A Nature‐Inspired Separator with Water‐Confined and Kinetics‐Boosted Effects for Sustainable and High‐Utilization Zn Metal Batteries

Uncontrollable dendrite growth and sluggish ion‐transport kinetics are considered as the main obstacles for the further development of high‐performance aqueous zinc ion batteries (AZIBs). Here, a nature‐inspired separator (ZnHAP/BC) is developed to tackle these issues via the hybridization of the biomass‐derived bacterial cellulose (BC) network and nano‐hydroxyapatite particles (HAP). The as‐prepared ZnHAP/BC separator not only regulates the desolvation process of the hydrated Zn2+ ions (Zn(H2O)62+) by suppressing the water reactivity through the surface functional groups, alleviating the water‐induced side‐reactions, but also boosts the ion‐transport kinetics and homogenize the Zn2+ flux, resulting in a fast and uniform Zn deposition.
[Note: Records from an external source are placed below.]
//! A descent that leaves the codes of leaves to be made behind it: where bodies hold loops, their codes are made by a
//! recursion of their own, and no measure need be found for both.
ghost use Rattle.std.specs.Prelude.{◌≡◌, ◌<◌, length, IfOk};
ghost use Rattle.std.specs.List.{All};
ghost use Rattle.fin_ir.specs.declared.layout.Layout.{Layout};
ghost use Rattle.fin_stage.specs.Staged.{Run};
ghost use Rattle.fin_nest.specs.Courses.{Behind};
ghost use Rattle.fin_nest.specs.Frames.{fill};
ghost use Rattle.fin_nest.specs.Related.{Start};
ghost use Rattle.fin_style_point.specs.declared.nest.Nest.{Nest};
ghost use Rattle.fin_descend.specs.Parts.{weight_in, parts_of};
ghost use Rattle.fin_descend.specs.declared.flattening.Told.TheVariants as told;
ghost use Rattle.fin_descend.specs.declared.flattening.Leaf.TheVariants as leaf;
ghost use Rattle.fin_descend.specs.Holes.{holes};
ghost use Rattle.fin_descend.specs.Flat.{Tells_of, one_leaf, Flattens, FlattenEach, FlattensSplit};

use crate::lowered::greater;
use crate::stepping::{Split, copy, step};
use crate::weights::weighs_nothing;
use fin_ir::Code;
use fin_nest::fill;
use fin_style_point::Nest;
use fin_style_step::is_void;
use sqlite_items::Items;
use std::alloc::{AllocError, Global};

/// What is told of a nest before it is stepped.
#[derive(Debug, Drop)]
pub enum Told {
    /// The body is nothing at each coordinate.
    Nothing,
    /// The body is a fixed update along the nest, whose code is made as that of one.
    Fixed,
    /// Neither; the nest may be stepped.
    Open,
}

/// What needs no code to be answered of the nests of one loop.
pub trait Asks {
    /// Which nests may come: the loop's own, and the parts of each that may.
    ghost comes: { Self → Nest → Type 0 };

    /// What may stand behind them, by what a run begins with and the layout of the code.
    ghost stands: { Self → Start → Layout → Behind Run → Type 0 };

    /// What is known of a nest along which the body is a fixed update.
    ghost fixed: { Self → Nest → Type 0 };

    /// Whether the body is nothing along the nest, or a fixed update, or neither.
    fn ask(&self, alloc: Global, nest: &Nest) -> Result<Told, AllocError>
        requires { comes self.now nest.now }
        ensures { IfOk result (λ told. Tells_of (stands self.now) (fixed self.now) nest.now told) };

    /// What may come is kept by each step.
    ghost parts_come: { (self : Self) (n : Nest) → 0 < weight_in n → comes self n → All (comes self) (parts_of n) };
}

/// A leaf of a descent.
#[derive(Debug, Drop)]
pub enum Leaf {
    /// A nest that has come to a point.
    Point(Nest),
    /// One along which the body is a fixed update.
    Fixed(Nest),
    /// One whose body is nothing.
    Nothing,
}

/// A frame with a `Skip` for each leaf, the leaves in the order of those, and how many locals the frame takes.
#[derive(Debug, Drop)]
pub struct Flat {
    pub frame: Code,
    pub leaves: Items<Leaf>,
    pub room: u32,
}

/// The frames of some nests, and their leaves one after another.
#[derive(Debug, Drop)]
struct FlatEach {
    frames: Items<Code>,
    leaves: Items<Leaf>,
    room: u32,
}

/// Codes that mean the leaves of a nest, in its frame, mean the nest, whatever of the caller's family stands behind it.
/// Nothing is asked of one whose ends are known to be the wrong way round: it has no code.
#[cycle(flatten)]
pub fn flatten<A: Asks>(alloc: Global, nest: &Nest, asks: &A) -> Result<Flat, AllocError>
    requires { A.comes asks.now nest.now }
    ensures { IfOk result (λ flat. Flattens (A.stands asks.now) (A.comes asks.now) (A.fixed asks.now) flat nest.now) }
{
    if is_void(&nest.lo, &nest.hi) {
        return one_leaf(alloc, Leaf::Nothing);
    }
    match asks.ask(alloc, nest)? {
        Told::Nothing => one_leaf(alloc, Leaf::Nothing),
        Told::Fixed => fixed_leaf(alloc, nest),
        Told::Open => flatten_open(alloc, nest, asks),
    }
}

// A nest that may be stepped.
#[cycle(flatten)]
fn flatten_open<A: Asks>(alloc: Global, nest: &Nest, asks: &A) -> Result<Flat, AllocError>
    requires comes { A.comes asks.now nest.now }
    requires may_step { Tells_of (A.stands asks.now) (A.fixed asks.now) nest.now told.Open }
    ensures { IfOk result (λ flat. Flattens (A.stands asks.now) (A.comes asks.now) (A.fixed asks.now) flat nest.now) }
{
    if weighs_nothing(nest) {
        return point_leaf(alloc, nest);
    }
    let split = step(alloc, nest)?;
    flatten_split(alloc, split, asks)
}

#[cycle(flatten)]
fn flatten_split<A: Asks>(alloc: Global, split: Split, asks: &A) -> Result<Flat, AllocError>
    requires comes { All (A.comes asks.now) split.nests }
    requires fits { holes split.frame ≡ length split.nests }
    ensures { IfOk result (λ flat. FlattensSplit (A.stands asks.now) (A.comes asks.now) (A.fixed asks.now) split flat) }
{
    flatten_parts(alloc, &split, asks)
}

// The frame of a nest that is divided so.
#[cycle(flatten)]
fn flatten_parts<A: Asks>(alloc: Global, split: &Split, asks: &A) -> Result<Flat, AllocError>
    requires comes { All (A.comes asks.now) split.now.nests }
    requires fits { holes split.now.frame ≡ length split.now.nests }
    ensures { IfOk result (λ flat. FlattensSplit (A.stands asks.now) (A.comes asks.now) (A.fixed asks.now)
        split.now flat) }
{
    let each = flatten_each(alloc, split.nests.as_slice(), asks)?;
    let room = greater(split.room, each.room);
    framed(alloc, &split.frame, each, room)
}

#[cycle(flatten)]
fn flatten_each<A: Asks>(alloc: Global, nests: &[Nest], asks: &A) -> Result<FlatEach, AllocError>
    requires { All (A.comes asks.now) nests.now }
    ensures { IfOk result (λ each. FlattenEach (A.stands asks.now) (A.comes asks.now) (A.fixed asks.now)
        nests.now each.frames each.leaves each.room) }
{
    let mut frames = Items::new(alloc);
    let mut leaves = Items::new(alloc);
    let mut room = 0;
    for nest in nests {
        let flat = flatten(alloc, nest, asks)?;
        room = greater(room, flat.room);
        frames.push(flat.frame)?;
        leaves.append(flat.leaves)?;
    }
    Ok(FlatEach {
        frames,
        leaves,
        room,
    })
}

// The frames of the parts in that of the step.
fn framed(alloc: Global, frame: &Code, each: FlatEach, room: u32) -> Result<Flat, AllocError>
    ensures frame { IfOk result (λ flat. flat.frame ≡ fill frame.now each.frames) }
    ensures leaves { IfOk result (λ flat. flat.leaves ≡ each.leaves) }
    ensures room { IfOk result (λ flat. flat.room ≡ room) }
{
    let frame = fill(alloc, frame, each.frames)?;
    Ok(Flat {
        frame,
        leaves: each.leaves,
        room,
    })
}

fn point_leaf(alloc: Global, nest: &Nest) -> Result<Flat, AllocError>
    ensures { IfOk result (λ flat. flat ≡ one_leaf (leaf.Point nest.now)) }
{
    let nest = copy(alloc, nest)?;
    one_leaf(alloc, Leaf::Point(nest))
}

fn fixed_leaf(alloc: Global, nest: &Nest) -> Result<Flat, AllocError>
    ensures { IfOk result (λ flat. flat ≡ one_leaf (leaf.Fixed nest.now)) }
{
    let nest = copy(alloc, nest)?;
    one_leaf(alloc, Leaf::Fixed(nest))
}

fn one_leaf(alloc: Global, leaf: Leaf) -> Result<Flat, AllocError>
    ensures { IfOk result (λ flat. flat ≡ one_leaf leaf) }
{
    let mut leaves = Items::new(alloc);
    leaves.push(leaf)?;
    Ok(Flat {
        frame: Code::Skip,
        leaves,
        room: 0,
    })
}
Remarkably, the Zn|Zn symmetric cell with ZnHAP/BC separator harvests a long‐term stability over 1600 h at 1 mA cm−2, 1 mAh cm−2 and endures stable cycling over 1025 and 611 h even at a high depth of discharge (DOD) of 50% and 80%, respectively. The Zn|V2O5 full cell with a low negative/positive (N/P) capacity ratio of 2.7 achieves a superior capacity retention of 82% after 2500 cycles at 10 A g−1. Furthermore, the Zn/HAP separator can be totally degraded within 2 weeks. This work develops a novel nature‐derived separator and provides insights in constructing functional separators toward sustainable and advanced AZIBs. A nature‐inspired separator (ZnHAP/BC) is developed to achieve sustainable and high‐performance aqueous zinc ion batteries (AZIBs) by suppressing the water activity and regulating the ion‐transport behavior for the first time. The as‐fabricated ZnHAP/BC separator renders a state‐of‐the‐art deep‐cycling performance of Zn anodes, and long‐term stability with a limited Zn supply in Zn|V2O5 battery.